A mãe pesca o fragmento de diálogo entre os filhos. Os dois estão desenhando juntos, no quarto do mais velho. Sem interromper a atividade, o caçula diz não entender o motivo dessa cisma. “Por que alguém teria umbigofobia?”, questiona.
“O nome certo é onfalofobia”, corrige o outro. Na opinião dele, o pavor aos umbigos era relativamente fácil de administrar. Bastava evitar lugares em que as pessoas ficam sem camisa, como no clube ou em praias. “Tem fobia que parece surreal. Já ouviu falar das pessoas que têm horror a palíndromos?”, diz.
– O que é isso? – quer saber o pequeno, curioso.

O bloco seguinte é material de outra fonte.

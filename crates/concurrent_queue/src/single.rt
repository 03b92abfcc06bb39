//! The steps of a queue of one slot.
//!
//! The word `State` has three bits: a call holds the slot (`LOCKED`), there is a message (`PUSHED`), the queue is closed (`CLOSED`). The
//! invariant: the call whose exchange set the first bit owns the slot until it clears that bit, and no other call touches the slot. So a
//! push that finds a slot whose message is taken but still being read tries again, since `Full` would be false.

ghost use Rattle.std.specs.Prelude.{◌≡◌, ℕ};
ghost use Rattle.concurrent_queue.specs.machine.Single.{stays, marks, finishes, start};
ghost use Rattle.concurrent_queue.specs.Replies.{SingleFollows};
ghost use Rattle.concurrent_queue.specs.Deeds.{Ready};
ghost use Rattle.concurrent_queue.specs.machine.Single.{SingleMakes, single_moves};

pub(crate) mod fast_path;

use crate::call::{QueueAsk, QueueMark, QueueReply, Stepped};
use crate::cells::{Cells, Slot, Word};
use crate::error::{ForcePushError, PopError, PushError};
use crate::seen::Trace;

/// A call holds the slot.
const LOCKED: u64 = 1;

/// There is a message.
const PUSHED: u64 = 2;

/// The queue is closed.
pub(crate) const CLOSED: u64 = 4;

/// The word of a call that holds the slot and brings a message.
const FILLING: u64 = 3;

const NOT_LOCKED: u64 = 0xffff_ffff_ffff_fffe;

const NOT_PUSHED: u64 = 0xffff_ffff_ffff_fffd;

/// The slot.
const SLOT: Slot = Slot::At(0);

/// The next action of a call.
#[derive(Drop)]
pub(crate) enum SingleAction<T> {
    /// Win the empty slot for this message.
    Push(T),
    PushPut(T),
    PushUnlock,
    /// Win the slot for this message, if the state is this.
    Force(T, u64),
    ForceTake(T),
    ForcePut(T, Option<T>),
    ForceUnlock(Option<T>),
    /// Win the message, if the state is this.
    Pop(u64),
    PopTake,
    PopUnlock(T),
    Close,
    IsClosed,
    IsEmpty,
    IsFull,
    Len,
    Capacity,
    Finished,
}

/// The first action of a call that asks this.
pub(crate) fn first<T>(ask: QueueAsk<T>) -> SingleAction<T>
    ensures { result ≡ start ask }
{
    match ask {
        QueueAsk::Push(value) => SingleAction::Push(value),
        QueueAsk::ForcePush(value) => SingleAction::Force(value, 0),
        QueueAsk::Pop => SingleAction::Pop(PUSHED),
        QueueAsk::Close => SingleAction::Close,
        QueueAsk::IsClosed => SingleAction::IsClosed,
        QueueAsk::IsEmpty => SingleAction::IsEmpty,
        QueueAsk::IsFull => SingleAction::IsFull,
        QueueAsk::Len => SingleAction::Len,
        QueueAsk::Capacity => SingleAction::Capacity,
    }
}

fn stay<T>(action: SingleAction<T>) -> Stepped<SingleAction<T>, T>
    ensures { result ≡ stays action }
{
    mark(action, QueueMark::Nothing)
}

fn mark<T>(action: SingleAction<T>, mark: QueueMark) -> Stepped<SingleAction<T>, T>
    ensures { result ≡ marks action mark }
{
    Stepped {
        action,
        mark,
        reply: None,
    }
}

fn finish<T>(reply: QueueReply<T>) -> Stepped<SingleAction<T>, T>
    ensures { result ≡ finishes reply }
{
    Stepped {
        action: SingleAction::Finished,
        mark: QueueMark::Nothing,
        reply: Some(reply),
    }
}

/// The one step of the question how many messages it can hold, which touches no cell.
#[inline(always)]
pub(crate) fn capacity<T: Drop, S: Trace<T>>(trace: &S) -> Stepped<SingleAction<T>, T>
    ensures answers { SingleFollows SingleAction.Capacity result }
    ensures deed { SingleMakes S.did trace.now SingleAction.Capacity trace.now result }
{
    finish(QueueReply::Cap(Some(1)))
}

/// One step of a call, which is one operation on the word or the slot.
pub(crate) fn step<T: Drop, C: Cells<T>>(
    action: SingleAction<T>,
    cells: &mut C,
) -> Stepped<SingleAction<T>, T>
    requires ready { Ready C.may (single_moves action) cells.old }
    ensures answers { SingleFollows action result }
    ensures deed { SingleMakes C.did cells.old action cells.new result }
{
    match action {
        SingleAction::Push(value) => push(value, cells),
        // Put before the lock bit is cleared: a pop takes the message as soon as it finds the bit clear.
        SingleAction::PushPut(value) => match cells.put(SLOT, value) {
            Ok(()) => stay(SingleAction::PushUnlock),
            Err(value) => stay(SingleAction::PushPut(value)),
        },
        SingleAction::PushUnlock => {
            // An `and`, not a store: a store would erase the closed bit of a close that came in between.
            cells.fetch_and(Word::State, NOT_LOCKED);
            finish(QueueReply::Push(Ok(())))
        }
        SingleAction::Force(value, expected) => force_push(value, expected, cells),
        // Take the old message before putting the new one: the slot holds one message.
        SingleAction::ForceTake(value) => match cells.take(SLOT) {
            Some(old) => stay(SingleAction::ForcePut(value, Some(old))),
            None => stay(SingleAction::ForceTake(value)),
        },
        // Put before the lock bit is cleared, as for a push.
        SingleAction::ForcePut(value, old) => match cells.put(SLOT, value) {
            Ok(()) => stay(SingleAction::ForceUnlock(old)),
            Err(value) => stay(SingleAction::ForcePut(value, old)),
        },
        SingleAction::ForceUnlock(old) => {
            // Last: from here on a pop can take the new message. An `and` keeps the closed bit, as for a push.
            cells.fetch_and(Word::State, NOT_LOCKED);
            finish(QueueReply::Force(Ok(old)))
        }
        SingleAction::Pop(expected) => pop(expected, cells),
        // Take before the lock bit is cleared: from then on a push can win the slot and put its message.
        SingleAction::PopTake => match cells.take(SLOT) {
            Some(value) => stay(SingleAction::PopUnlock(value)),
            None => stay(SingleAction::PopTake),
        },
        SingleAction::PopUnlock(value) => {
            // Last: from here on a push can win the slot. An `and` keeps the closed bit.
            cells.fetch_and(Word::State, NOT_LOCKED);
            finish(QueueReply::Pop(Ok(value)))
        }
        SingleAction::Close => close(cells),
        // One load answers each of the next four questions: all three bits are in one word, so the answer holds at this load.
        SingleAction::IsClosed => {
            let found = cells.load(Word::State);
            finish(QueueReply::Flag(found & CLOSED != 0))
        }
        SingleAction::IsEmpty => {
            let found = cells.load(Word::State);
            finish(QueueReply::Flag(found & PUSHED == 0))
        }
        SingleAction::IsFull => {
            let found = cells.load(Word::State);
            finish(QueueReply::Flag(found & PUSHED != 0))
        }
        SingleAction::Len => {
            let found = cells.load(Word::State);
            finish(QueueReply::Count(if found & PUSHED != 0 { 1 } else { 0 }))
        }
        SingleAction::Capacity => finish(QueueReply::Cap(Some(1))),
        SingleAction::Finished => stay(SingleAction::Finished),
    }
}

/// Wins the empty slot. A refusal is read off the word that was found, so that it holds at this step.
fn push<T: Drop, C: Cells<T>>(value: T, cells: &mut C) -> Stepped<SingleAction<T>, T>
    requires ready { Ready C.may (single_moves (SingleAction.Push value)) cells.old }
    ensures answers { SingleFollows (SingleAction.Push value) result }
    ensures deed { SingleMakes C.did cells.old (SingleAction.Push value) cells.new result }
{
    // Commit. Expecting 0 tests in one step that the queue is open, the slot is empty and no call holds it.
    match cells.compare_exchange(Word::State, 0, FILLING) {
        Ok(_) => mark(SingleAction::PushPut(value), QueueMark::Append),
        Err(found) => {
            if found & CLOSED != 0 {
                finish(QueueReply::Push(Err(PushError::Closed(value))))
            } else if found & PUSHED != 0 {
                finish(QueueReply::Push(Err(PushError::Full(value))))
            } else {
                // Locked but without a message: a pop is still reading. `Full` would be false here, so the push tries again.
                stay(SingleAction::Push(value))
            }
        }
    }
}

/// Wins the slot, empty or full, of an open queue. The exchange fails if the closed bit is set, so it cannot lose it.
fn force_push<T: Drop, C: Cells<T>>(
    value: T,
    expected: u64,
    cells: &mut C,
) -> Stepped<SingleAction<T>, T>
    requires ready { Ready C.may (single_moves (SingleAction.Force value expected)) cells.old }
    ensures answers { SingleFollows (SingleAction.Force value expected) result }
    ensures deed { SingleMakes C.did cells.old (SingleAction.Force value expected) cells.new result }
{
    // Commit. One exchange removes the old message, if there is one, and adds the new one, so no other call comes in between.
    match cells.compare_exchange(Word::State, expected, FILLING) {
        Ok(_) => {
            if expected == 0 {
                mark(SingleAction::ForcePut(value, None), QueueMark::Append)
            } else {
                mark(SingleAction::ForceTake(value), QueueMark::Replace)
            }
        }
        Err(found) => {
            if found & CLOSED != 0 {
                finish(QueueReply::Force(Err(ForcePushError::Closed(value))))
            } else if found & LOCKED == 0 {
                stay(SingleAction::Force(value, found))
            } else {
                // Never expect a word with the lock bit: the exchange would take the slot from the call that holds it.
                stay(SingleAction::Force(value, expected))
            }
        }
    }
}

/// Wins the message. The closed bit is kept. A refusal is read off the word that was found, as in `push`.
fn pop<T: Drop, C: Cells<T>>(expected: u64, cells: &mut C) -> Stepped<SingleAction<T>, T>
    requires ready { Ready C.may (single_moves (SingleAction.Pop expected)) cells.old }
    ensures answers { SingleFollows (SingleAction.Pop expected) result }
    ensures deed { SingleMakes C.did cells.old (SingleAction.Pop expected) cells.new result }
{
    // Commit. The new word keeps the closed bit, since a closed queue is still emptied, and locks the slot against pushes.
    match cells.compare_exchange(Word::State, expected, (expected | LOCKED) & NOT_PUSHED) {
        Ok(_) => mark(SingleAction::PopTake, QueueMark::Take),
        Err(found) => {
            if found & PUSHED != 0 {
                // Expect the word without the lock bit: the exchange fails, and the pop tries again, while a push is putting its message.
                stay(SingleAction::Pop(found & NOT_LOCKED))
            } else if found & CLOSED != 0 {
                finish(QueueReply::Pop(Err(PopError::Closed)))
            } else {
                finish(QueueReply::Pop(Err(PopError::Empty)))
            }
        }
    }
}

/// Sets the closed bit.
fn close<T: Drop, C: Cells<T>>(cells: &mut C) -> Stepped<SingleAction<T>, T>
    requires ready { Ready C.may (single_moves SingleAction.Close) cells.old }
    ensures answers { SingleFollows SingleAction.Close result }
    ensures deed { SingleMakes C.did cells.old SingleAction.Close cells.new result }
{
    // An `or` keeps the bits of a call in flight, and of two closes only one finds the bit clear.
    let found = cells.fetch_or(Word::State, CLOSED);
    if found & CLOSED == 0 {
        Stepped {
            action: SingleAction::Finished,
            mark: QueueMark::Close,
            reply: Some(QueueReply::Close(true)),
        }
    } else {
        finish(QueueReply::Close(false))
    }
}
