use crate::checks::{expect_equal, expect_right, expect_seen, expect_true};
use crate::scarcity::{Attempt, Scarcity, Seen, Tried, made, refused};
use event_listener::calls::Registered;
use event_listener::error::{ListenError, NoMemory, NotifyError};
use event_listener::event::Event;
use event_listener::id::EventIds;
use event_listener::into_notification::IntoNotification;
use event_listener::key::Key;
use event_listener::list::List;
use event_listener::listener::{EventListener, Listener, WaitError};
use event_listener::recorded::{RecordedEvent, RegisterError};
use event_listener::stack::StackSlot;
use event_listener::wakes::Wakes;
use std::alloc::{AllocError, Global};
use std::marker::{Brand, Model};
use std::process::Abort;
use std::sync::Wait;
use std::sync::ledger::{Blank, Ledger, Share};
use std::time::{Clock, Duration};

/// How many listen.
const COUNT: usize = 40;

/// An event with an identity of its own.
fn new_event<T: Drop, A: Abort>(rt: &A, alloc: Global) -> Event<T> {
    let mut ids = EventIds::new();
    Event::with_tag(alloc, ids.next().expect(rt, "an identity"))
}

/// The next listener of an event.
#[derive(Drop)]
struct Listens<R: Wait + Copy> {
    rt: R,
    event: Event<()>,
    listeners: Vec<EventListener<(), R>>,
}

impl<R: Wait + Copy> Listens<R> {
    /// Whether nobody else listens, and nobody was told.
    fn is_as_before(&self) -> bool {
        self.event.total_listeners(&self.rt) == self.listeners.len()
            && !self.event.is_notified(&self.rt)
    }
}

impl<R: Wait + Copy> Attempt for Listens<R> {
    fn make(&mut self) -> Tried {
        match self.event.listen(&self.rt) {
            Ok(listener) => {
                let kept = self.listeners.push(listener).is_ok();
                made(kept && self.is_as_before())
            }
            Err(ListenError::NoMemory) => refused(self.is_as_before()),
            Err(_) => Tried::Wrong,
        }
    }
}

Com cuidado para não desmerecer o mais novo, o adolescente explica ter aprendido sobre palíndromos na aula de português. “Pelo que entendi, são palavras que podem ser lidas de trás para frente, sem alterar o sentido”, define. Alguns dos exemplos seriam osso, arara, anilina. O mais absurdo é que esse tipo de fobia leva o nome de aibofobia, que por sinal é um palíndromo.
“Tem também a fobia de inseto”, comenta a mãe, tentando ser incluída no bate-papo.
Os dois se entreolham, cúmplices. Nem escondem o tédio em relação ao comentário antiquado, coisa de gente nascida no século passado, época em que nem existia internet. Agora é dife- rente. Com um clique no mouse, brotam milhares de informações na tela, úteis e inúteis. Entre as insetofobias mais conhecidas estão as que envolvem aranhas e baratas.
“A babá de vocês tinha verdadeiro pavor a bicho-pau que, segundo ela, dava azar”, observa ela, enquanto dobra um cobertor. Aproveita a chance para citar O dilema do bicho-pau, do saudoso escritor de livros infantis Angelo Machado. O livro conta a história de um inseto que se disfarça de graveto para escapar dos predadores. Talvez ela esteja enganada, mas a obra do biólogo não faz referências ao mau agouro trazido pelo inseto.
– Será que existe formigofobia? – brinca o pequeno, divertido. Segundo ele, deve ser difícil a vida da pessoa que sofre desse mal, levando em consideração o fato de que as formigas estão por toda parte. Todos riem. Quando o tema das fobias ameaça esfriar, o adolescente resgata um tal medo de palavras grandes, denominado hipopoto- monstrosesquipedaliofobia. “Quem tem essa fobia não consegue nem dizer o nome dela”, comenta o irmão mais velho.
– Sério isso?! Você não está inventando isso, está?, duvida a mãe. Chega a pensar em tirar a prova no Google, mas controla o impulso. O ato colocaria em risco aquele raro momento de distração entre irmãos, sem a interferência dos eletrônicos.
O adolescente nem reage ao questionamento. Continua concentrado, desenhando a figura de um personagem de anime. O silêncio abre espaço para o surgimento da mãe moralista, repressora. Era dever dela alertar os filhos de que fobia não é brincadeira. As vítimas sofrem muito, a ponto de ficar paralisadas pelo medo, incapazes de andar de avião ou dirigir automóveis. Para casos como esses, há simuladores de voos e de pilotagem de carros no próprio computador, que ajudam o paciente a ir se familiarizando com o uso desses meios de transporte.
Na verdade, não há necessidade de se ter uma moral das histórias. Basta o lembrete de que, para ganhar uma dose extra de energia, converse com uma criança. Se ela se interessar por você, é garantia de receber uma tirada inédita, uma adivinhação ou piada. Leveza pura.